Material for this task
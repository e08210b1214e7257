//! Declarations and definitions of functions.

ghost use Rattle.std.specs.Prelude.{◌≡◌, ◌<◌, length, map, IfOk, OnOk};
ghost use Rattle.ir_tree.specs.Table.{Table};
ghost use Rattle.ir_tree.specs.Naming.{Grows, name_at};
ghost use Rattle.ir_tree.specs.Shown.{shown_function};
ghost use Rattle.ir_text.specs.Reading.{Reads};
ghost use Rattle.ir_text.specs.Named.{known_of, layout_in};
ghost use Rattle.ir_text.specs.MemoryTypes.{AreLaid};
ghost use Rattle.ir_instr.specs.Defined.{AreNames, AreTypes, IsNew};
ghost use Rattle.ir_grammar.specs.Items as spec;

use crate::body::body;
use crate::params::{Params, read_header};
use crate::skipped::attached;
use ir_instr::defined::Defined;
use ir_text::cursor::Cursor;
use ir_text::fault::ReadEnd;
use ir_text::layouts::TypeLayouts;
use ir_text::leaves::mark;
use ir_text::named::NamedTypes;
use ir_text::passed::{Stops, words};
use ir_text::tails::notes;
use ir_tree::items::Function;
use ir_tree::table::Names;
use pv_base::list::List;

/// Passes over the words behind a declaration, up to one that begins an item.
fn words_behind(cursor: &mut Cursor<'_>) -> Result<(), ReadEnd>
    ensures { Reads (λ x. x) cursor.new result (spec.words_behind cursor.old) }
{
    let items = Stops {
        words: &[
            b"declare",
            b"define",
            b"source_filename",
            b"target",
            b"attributes",
        ],
        types: false,
    };
    words(cursor, &items)
}

/// Reads a declaration, behind `declare`, where these names of globals and functions were given before.
#[tactic(auto, using(ir_text::proofs::Later::later))]
pub fn declaration(
    cursor: &mut Cursor<'_>,
    names: &mut Names,
    values: &Defined,
) -> Result<Function, ReadEnd>
    requires { AreNames names.old values.now }
    ensures reads { (later : Table) → Grows names.new later → Reads (shown_function later) cursor.new result (spec.declaration_at (map (name_at later) values.now) cursor.old) }
    ensures new { IfOk result (λ f. IsNew names.new values.now f.name) }
    ensures grows { Grows names.old names.new }
{
    notes(cursor)?;
    let header = read_header(cursor, names, true, values)?;
    words_behind(cursor)?;
    attached(cursor)?;
    let Params { params, variadic } = header.params;
    Ok(Function {
        name: header.name,
        result: header.result,
        params,
        variadic,
        blocks: List::new(cursor.alloc()),
        declared: true,
    })
}

/// Reads a definition, behind `define`, where these names of globals and functions were given before.
#[tactic(auto, using(ir_text::proofs::Later::later))]
pub fn definition(
    cursor: &mut Cursor<'_>,
    names: &mut Names,
    known: &NamedTypes,
    layouts: &mut TypeLayouts,
    values: &Defined,
) -> Result<Function, ReadEnd>
    requires values { AreNames names.old values.now }
    requires types { AreTypes names.old known.now }
    requires laid { AreLaid (layout_in known.now) names.old layouts.old }
    ensures reads { (later : Table) → Grows names.new later → Reads (shown_function later) cursor.new result (spec.definition_at (known_of later known.now) (map (name_at later) values.now) cursor.old) }
    ensures new { IfOk result (λ f. IsNew names.new values.now f.name) }
    ensures laid { OnOk result (AreLaid (layout_in known.now) names.new layouts.new) }
    ensures grows { Grows names.old names.new }
{
    names.is_table();
    let mut header = read_header(cursor, names, false, values)?;
    let all = Stops {
        words: &[],
        types: false,
    };
    words(cursor, &all)?;
    notes(cursor)?;
    mark(cursor, b'{')?;
    let blocks = body(cursor, names, known, layouts, &mut header.scope)?;
    let Params { params, variadic } = header.params;
    Ok(Function {
        name: header.name,
        result: header.result,
        params,
        variadic,
        blocks,
        declared: false,
    })
}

Task to complete
In the material above, find the lines that contain "layouts" and show them.

Task response
use ir_text::layouts::TypeLayouts;
    layouts: &mut TypeLayouts,
    requires laid { AreLaid (layout_in known.now) names.old layouts.old }
    ensures laid { OnOk result (AreLaid (layout_in known.now) names.new layouts.new) }
    let blocks = body(cursor, names, known, layouts, &mut header.scope)?;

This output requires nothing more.